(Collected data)
■ ■ ■ ■ ■ ■ ■
impl Draft {
    // Reads the words behind the first word of a line.
    fn add(&mut self, first: &str, words: Words<'_>, line: u64) -> Result<(), Refusal>
        ensures says { (l : Short) (c : Content) → IsShortLine l (first.now ∷ words.entry) → Gives (content self.old) l c → Becomes result (content self.new) c }
        ensures form { OnOk result (ImageLine (first.now ∷ words.entry)) }
        ensures lines { OnOk result (numbers self.new ≡ with_line (numbers self.old) line (first.now ∷ words.entry)) }
    {
        match first {
            "root" => self.add_root(words, line),
            "dirty" => self.add_dirty(words, line),
            "covered" => self.cover(words),
            "region" => self.add_region(words, line),
            "remembered" => self.add_remembered(words, line),
            "object" => self.add_object(words, line),
            _ => Err(Refusal::Expected(Expected::Line)),
        }
    }

    // root [NUMBER] REFERENCE
    fn add_root(&mut self, words: Words<'_>, line: u64) -> Result<(), Refusal>
        ensures form { OnOk result (RootLine (codes "root" ∷ words.entry)) }
        ensures short { (m : Option ℕ) (x : ℕ) (c : Content) → IsShortLine (RootAs m x) (codes "root" ∷ words.entry) → Gives (content self.old) (RootAs m x) c → Becomes result (content self.new) c }
        ensures lines { OnOk result (numbers self.new ≡ record (numbers self.old) { roots = (numbers self.old).roots ++ line ∷ [] }) }
    {
        let next = self.roots.len() as u64;
        let most = u64::from(MOST_ROOTS);
        if next >= most {
            return Err(Refusal::Expected(Expected::Roots(most)));
        }
        let reference = root(words, next)?;
        self.roots.push(reference)?;
        self.lines.roots.push(line)?;
        Ok(())
    }

    // dirty cards CARD ..
    fn add_dirty(&mut self, words: Words<'_>, line: u64) -> Result<(), Refusal>
        ensures form { OnOk result (DirtyLine (codes "dirty" ∷ words.entry)) }
        ensures short { (cards : List ℕ) (c : Content) → IsShortLine (DirtyAs cards) (codes "dirty" ∷ words.entry) → Takes (content self.old) (Dirty cards) c → Becomes result (content self.new) c }
        ensures lines { OnOk result (numbers self.new ≡ record (numbers self.old) { log = (numbers self.old).log ++ replicate (length words.entry - 1) line }) }
    {
        let count = (words.len() as u64).saturating_sub(1);
        add_cards(words, &mut self.log)?;
        add_lines(&mut self.lines.log, count, line)?;
        Ok(())
    }

    // covered
    fn cover(&mut self, words: Words<'_>) -> Result<(), Refusal>
        ensures form { OnOk result (CoveredLine (codes "covered" ∷ words.entry)) }
        ensures said { words.entry ≡ [] → (result ≡ Ok tt) × (content self.new ≡ record (content self.old) { covered = true }) }
        ensures lines { OnOk result (numbers self.new ≡ numbers self.old) }
    {
        words.end()?;
        self.covered = true;
        Ok(())
    }

    // remembered REGION cards CARD ..
    fn add_remembered(&mut self, mut words: Words<'_>, line: u64) -> Result<(), Refusal>
        ensures form { OnOk result (RememberedLine (codes "remembered" ∷ words.entry)) }
        ensures short { (r : ℕ) (cards : List ℕ) (c : Content) → IsShortLine (RememberedAs r cards) (codes "remembered" ∷ words.entry) → Takes (content self.old) (Remembered r cards) c → Becomes result (content self.new) c }
        ensures lines { OnOk result (numbers self.new ≡ record (numbers self.old) { remembered = (numbers self.old).remembered ++ (digits_value 10 (slice_index_or words.entry 0 []), line) ∷ [] }) }
    {
        let region = words.number("region")?;
        let last = self.geometry.regions().saturating_sub(1);
        let Some(set) = self.remembered.get_mut(region as usize) else {
            return Err(Refusal::Expected(Expected::Region(0, last)));
        };
        add_cards(words, set)?;
        self.lines.remembered.push((region, line))?;
        Ok(())
    }

    // region [NUMBER] KIND [top WORDS] [objects COUNT] [cards COUNT] [pinned]
    fn add_region(&mut self, mut words: Words<'_>, line: u64) -> Result<(), Refusal>
        ensures form { OnOk result (RegionLine (codes "region" ∷ words.entry)) }
        ensures short { (r : Option ℕ) (k : KindOf) (t o m : Option ℕ) (p : Bool) (c : Content) → IsShortLine (RegionAs r k t o m p) (codes "region" ∷ words.entry) → Gives (content self.old) (RegionAs r k t o m p) c → Becomes result (content self.new) c }
        ensures lines { OnOk result (numbers self.new ≡ record (numbers self.old) { regions = (numbers self.old).regions ++ line ∷ [] }) }
    {
        let told = words.take_number();
        let kind = region_kind(&mut words)?;
        let region = self.begin_region(told, kind)?;
        let told = read_counts(region, &mut words, line)?;
        let pinned = is_pinned(kind, words)?;
        set_pinned(&mut self.regions, pinned);
        self.lines.regions.push(told)?;
        Ok(())
    }

    // Adds a region of a kind, and those below it that no line has. Returns its number.
    fn begin_region(&mut self, told: Option<u64>, kind: Kind) -> Result<usize, Refusal>
        ensures skips { (on free : ℕ) (e : Content) → MaySkip told kind on free → Skips (content self.old) on free e → IsCount told (length e.regions) → length e.regions < self.old.geometry.n → MayFollow e kind → MatchResult result (λ r. (r ≡ length e.regions) × (content self.new ≡ with_region e kind)) (λ x. x ≡ Refusal.Memory) }
        ensures lines { OnOk result (numbers self.new ≡ numbers self.old) }
    {
        if kind.is_continuation() {
            return self.begin_continuation(told);
        }
        self.end_run()?;
        let region = self.region_number(told)?;
        self.free_up_to(region)?;
        self.add_empty(kind)?;
        Ok(region as usize)
    }

    // Adds a region in which the humongous object above it goes on, and those between them.
    fn begin_continuation(&mut self, told: Option<u64>) -> Result<usize, Refusal>
        ensures goes { (on : ℕ) (e : Content) → (told ≡ None → on ≡ 0) → GoesOn (content self.old) on e → IsCount told (length e.regions) → length e.regions < self.old.geometry.n → 0 < e.beyond → MatchResult result (λ r. (r ≡ length e.regions) × (content self.new ≡ with_region e Kind.Continuation)) (λ x. x ≡ Refusal.Memory) }
        ensures lines { OnOk result (numbers self.new ≡ numbers self.old) }
    {
        let number = self.region_number(told)?;
        self.continue_run_to(number)?;
        Ok(number as usize)
    }

    // The number of a region behind the last one: the next one, unless a line has another.
    fn region_number(&self, told: Option<u64>) -> Result<u64, Expected>
        ensures told { (r : ℕ) → told ≡ Some r → length (content self.now).regions ≤ r → r < self.now.geometry.n → result ≡ Ok r }
        ensures next { told ≡ None → length (content self.now).regions < self.now.geometry.n → result ≡ Ok (length (content self.now).regions) }
    {
        let next = self.regions.len() as u64;
        let number = told.unwrap_or(next);
        check_number(number, next, self.geometry.regions())?;
        Ok(number)
    }

    // object [ADDRESS] SIZE/SLOTS SLOT .. WORD .. [..]
    fn add_object(&mut self, mut words: Words<'_>, line: u64) -> Result<(), Refusal>
        ensures form { OnOk result (ObjectLine (codes "object" ∷ words.entry)) }
        ensures short { (at : Option ℕ) (slots values : List ℕ) (given : Option ℕ) (c : Content) → IsShortLine (ObjectAs at slots values given) (codes "object" ∷ words.entry) → Gives (content self.old) (ObjectAs at slots values given) c → Becomes result (content self.new) c }
        ensures lines { OnOk result (numbers self.new ≡ record (numbers self.old) { objects = (numbers self.old).objects ++ line ∷ [] }) }
    {
        let told = words.take_number();
        let (size, slots) = size(&mut words)?;
        let at = self.next_address();
        follows(told, "object", at)?;
        self.take_room(size)?;
        self.objects.push(Placed {
            at,
            slots,
            place: self.words.len(),
            line,
        })?;
        count_object(&mut self.lines.regions);
        self.words.push(header_word(size, slots))?;
        let data = size.saturating_sub(slots).saturating_sub(1);
        add_content(words, &mut self.words, slots, data)
    }
}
■ ■ ■ ■ ■ ■ ■
> Problem statement: From the records, copy every line that has the string "last" in it.

> Exercise answer:
        let last = self.geometry.regions().saturating_sub(1);
            return Err(Refusal::Expected(Expected::Region(0, last)));
    // The number of a region behind the last one: the next one, unless a line has another.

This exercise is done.